Today was symptomatic of the arrival of spring. I had at least 5 panicked calls on the office phone before 9:30 this morning. All from people who had lost their puppies Sunday. They were hoping that we (the humane society) had found and captured them Sunday or this morning. I passed the calls on to the animal control officers, really hoping that we had indeed captured their pets. Dogs that wonder into the fields and river bottom this time of year tend to become coyote food in very short order.

The first nice spring weekend and people were out working in the yard, removing debris, etc. and forgot that the gate was open and the puppy was in the yard with them. Many times it is hours later that the pet is discovered to be missing. We actually schedule more animal control during the time in an attempt to keep the animals out of harms way, but there is a limited amount we can do in our huge rural area.

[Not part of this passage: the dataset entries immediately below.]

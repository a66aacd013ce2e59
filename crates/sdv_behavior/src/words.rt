//! The words that a simulated card answers with.

ghost use Rattle.std.specs.Prelude.{◌≡◌, ◌<◌, ◌-◌, ◌^◌};
ghost use Rattle.sdv_behavior.specs.Words.{ready_bit, bit_if, error_bit, leaves_doubt, doubt_of, status_word, address_word, windows, conditions_word};

use crate::behavior::StatusError;
use sdv_card::{Kind, State};

/// Ready for data.
fn ready_bit(state: State) -> u32
    ensures word { result ≡ ready_bit state }
    ensures small { result < 512 }
{
    match state {
        State::Prg | State::Dis => 0,
        _ => 0x100,
    }
}

fn bit_if(set: bool, bit: u32) -> u32
    ensures { result ≡ bit_if set bit }
{
    if set { bit } else { 0 }
}

/// The bit of an error.
fn error_bit(error: StatusError) -> u32
    ensures word { result ≡ error_bit error }
    ensures small { result < 2 ^ 32 - 2 ^ 16 }
{
    match error {
        StatusError::Nothing => 0,
        StatusError::General => 0x0008_0000,
        StatusError::OutOfRange => 0x8000_0000,
        StatusError::EraseSequence => 0x1000_0000,
        StatusError::IllegalCommand => 0x0040_0000,
    }
}

/// The error leaves a doubt whether the card took the command.
pub fn leaves_doubt(error: StatusError) -> bool
    ensures { result ≡ leaves_doubt error }
{
    match error {
        StatusError::Nothing | StatusError::IllegalCommand => false,
        _ => true,
    }
}

/// The error of a card that shows one that leaves a doubt: a general one, where it has no other.
pub fn doubt_of(error: StatusError) -> StatusError
    ensures { result ≡ doubt_of error }
{
    if leaves_doubt(error) {
        error
    } else {
        StatusError::General
    }
}

/// The card status: the state, ready for data, two bits, and an error.
pub fn status_word(state: State, app: bool, switch: bool, error: StatusError) -> u32
    ensures { result ≡ status_word state app switch error }
{
    error_bit(error)
        + 512 * u32::from(state.number())
        + ready_bit(state)
        + bit_if(switch, 0x80)
        + bit_if(app, 0x20)
}

/// The word of an R6.
pub fn address_word(rca: u16, state: State, error: bool) -> u32
    ensures { result ≡ address_word rca state error }
{
    let low = bit_if(error, 0x2000) + 512 * u32::from(state.number()) + ready_bit(state);
    65536 * u32::from(rca) + low
}

/// The OCR.
pub fn conditions_word(kind: Kind, block_unit: bool, ready: bool) -> u32
    ensures { result ≡ conditions_word kind block_unit ready }
{
    let windows = match kind {
        Kind::Sd => 0x00ff_8000,
        Kind::Emmc => 0x00ff_8080,
    };
    bit_if(ready, 0x8000_0000 + bit_if(block_unit, 0x4000_0000)) + windows
}
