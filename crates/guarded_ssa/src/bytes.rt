//! The bytes of blocks as nodes: what operations read and write of them.

ghost use Rattle.std.specs.Prelude.{◌≡◌, ℕ, true, ◌+◌, ◌-◌, ◌<◌, ◌≤◌, ◌++◌, length, map, take, replicate, IfOk};
ghost use Rattle.c_types.specs.Integers.{width as type_width, bytes};
ghost use Rattle.core_tree.specs.Typed.{is_within};
ghost use Rattle.c_values.specs.Variables.{zeros, put_bytes, read_variable};
ghost use Rattle.word_dag.specs.Growth.{Extends};
ghost use Rattle.word_dag.specs.Meaning.{value};
ghost use Rattle.value_nodes.specs.Values.{IsWord, IsValue, AreBytes};
ghost use Rattle.value_nodes.specs.Bytes.{AreBytesOf};
ghost use Rattle.cell_trees.specs.Trees.{Keeps};
ghost use Rattle.goto_prog.specs.Fitting.{is_block, is_pointer, has_bytes};
ghost use Rattle.goto_prog.specs.Meaning.{with_blocks, bytes_of, calculated};
ghost use Rattle.event_forms.specs.Runs.{bytes_of_words};
ghost use Rattle.event_forms.specs.Forms.{AreWords};
ghost use Rattle.guarded_ssa.specs.inner.Places.{updated};
ghost use Rattle.guarded_ssa.specs.inner.Held.{SlotIn, IsPlan, held, guarded, total, counted, owners_from, starts_from};
ghost use Rattle.guarded_ssa.specs.inner.Conditions.{SlotOf};
ghost use Rattle.guarded_ssa.specs.inner.Results.{filled_first};

use crate::answers::bytes_of_words;
use crate::liveness::Plan;
use crate::parts::{first_of, put, taken};
use crate::registers::ids_from;
use crate::slots::Slot;
use c_types::IntegerType;
use cell_trees::Trees;
use goto_prog::Operation;
use std::alloc::{AllocError, Global};
use value_nodes::{loaded, offset_of, stored};
use word_dag::{Dag, Id};

/// How many bytes blocks of these sizes have.
pub fn size_of_all(sizes: &[u32]) -> Result<usize, AllocError>
    ensures { IfOk result (λ n. n ≡ total sizes.now) }
{
    let mut bytes: usize = 0;
    for size in sizes {
        bytes = match bytes.checked_add(*size as usize) {
            Some(more) => more,
            None => return Err(AllocError),
        };
    }
    Ok(bytes)
}

/// The types of the cells of registers and blocks.
pub fn cell_types(
    alloc: Global,
    registers: &[IntegerType],
    blocks: &[u32],
) -> Result<Vec<IntegerType>, AllocError>
    ensures { IfOk result (λ r. r.items ≡ registers.now ++ replicate (total blocks.now) IntegerType.Char) }
{
    let size = size_of_all(blocks)?;
    let bytes = vec![in alloc; IntegerType::Char; size]?;
    let mut types = registers.to_vec(alloc)?;
    types.extend_from_slice(&bytes)?;
    Ok(types)
}

/// The first cell of each block that has one of these sizes, one block behind the other, from a cell on.
pub fn starts(alloc: Global, first: usize, sizes: &[u32]) -> Result<Vec<usize>, AllocError>
    ensures { IfOk result (λ r. r.items ≡ starts_from first sizes.now) }
{
    let mut starts = Vec::with_capacity(alloc, sizes.len())?;
    let mut next = first;
    for size in sizes {
        starts.push(next)?;
        next = match next.checked_add(*size as usize) {
            Some(behind) => behind,
            None => return Err(AllocError),
        };
    }
    Ok(starts)
}

// So many numbers from 0 on.
fn counted(alloc: Global, count: usize) -> Result<Vec<usize>, AllocError>
    ensures { IfOk result (λ r. r.items ≡ counted 0 count) }
{
    let mut numbers = Vec::with_capacity(alloc, count)?;
    for k in 0..count {
        numbers.push(k)?;
    }
    Ok(numbers)
}

// The numbers, and then one of them so many times.
fn repeated(mut numbers: Vec<usize>, number: usize, count: usize) -> Result<Vec<usize>, AllocError>
    ensures { IfOk result (λ r. r.items ≡ numbers.items ++ replicate count number) }
{
    'times: for _ in 0..count {
        numbers.push(number)?;
    }
    Ok(numbers)
}

/// For each cell of so many registers and of blocks of these sizes the number of its register or block.
pub fn owners(alloc: Global, registers: usize, sizes: &[u32]) -> Result<Vec<usize>, AllocError>
    ensures { IfOk result (λ r. r.items ≡ counted 0 registers ++ owners_from registers sizes.now) }
{
    let mut numbers = counted(alloc, registers)?;
    let mut number = registers;
    for size in sizes {
        numbers = repeated(numbers, number, *size as usize)?;
        number = match number.checked_add(1) {
            Some(next) => next,
            None => return Err(AllocError),
        };
    }
    Ok(numbers)
}

impl<'a> Plan<'a> {
    // The first cell of a block.
    fn start_of(&self, b: usize) -> usize
        requires plan { IsPlan self.now }
        requires there { b < length self.now.code.now.blocks }
        ensures { result ≡ length self.now.code.now.registers + total (take b self.now.code.now.blocks) }
    {
        self.starts[b]
    }
}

One final observation: the economy must be picking up a little. We run the only no-kill shelter in a huge geographic area (hundreds of square miles), so we are getting calls from a 3 state area from people who have gotten a job elsewhere and cannot take their pets with them. It is good that people are getting jobs, but it is hard on them to leave their animal friend and companion behind. They look very hard to find a shelter that will ensure they are taken care of and not subject to euthanasia. That’s how they find us. It will sure be a relief when we get the new facility built. Our current one (an old municipal shelter from the ’60s) has very limited space and is almost continuously full in spite of volunteer fostering and help from the front range shelters with adoption and finding new homes out of area. We really hope to have the construction finished by December.

Back to the salt mine and then off to bed.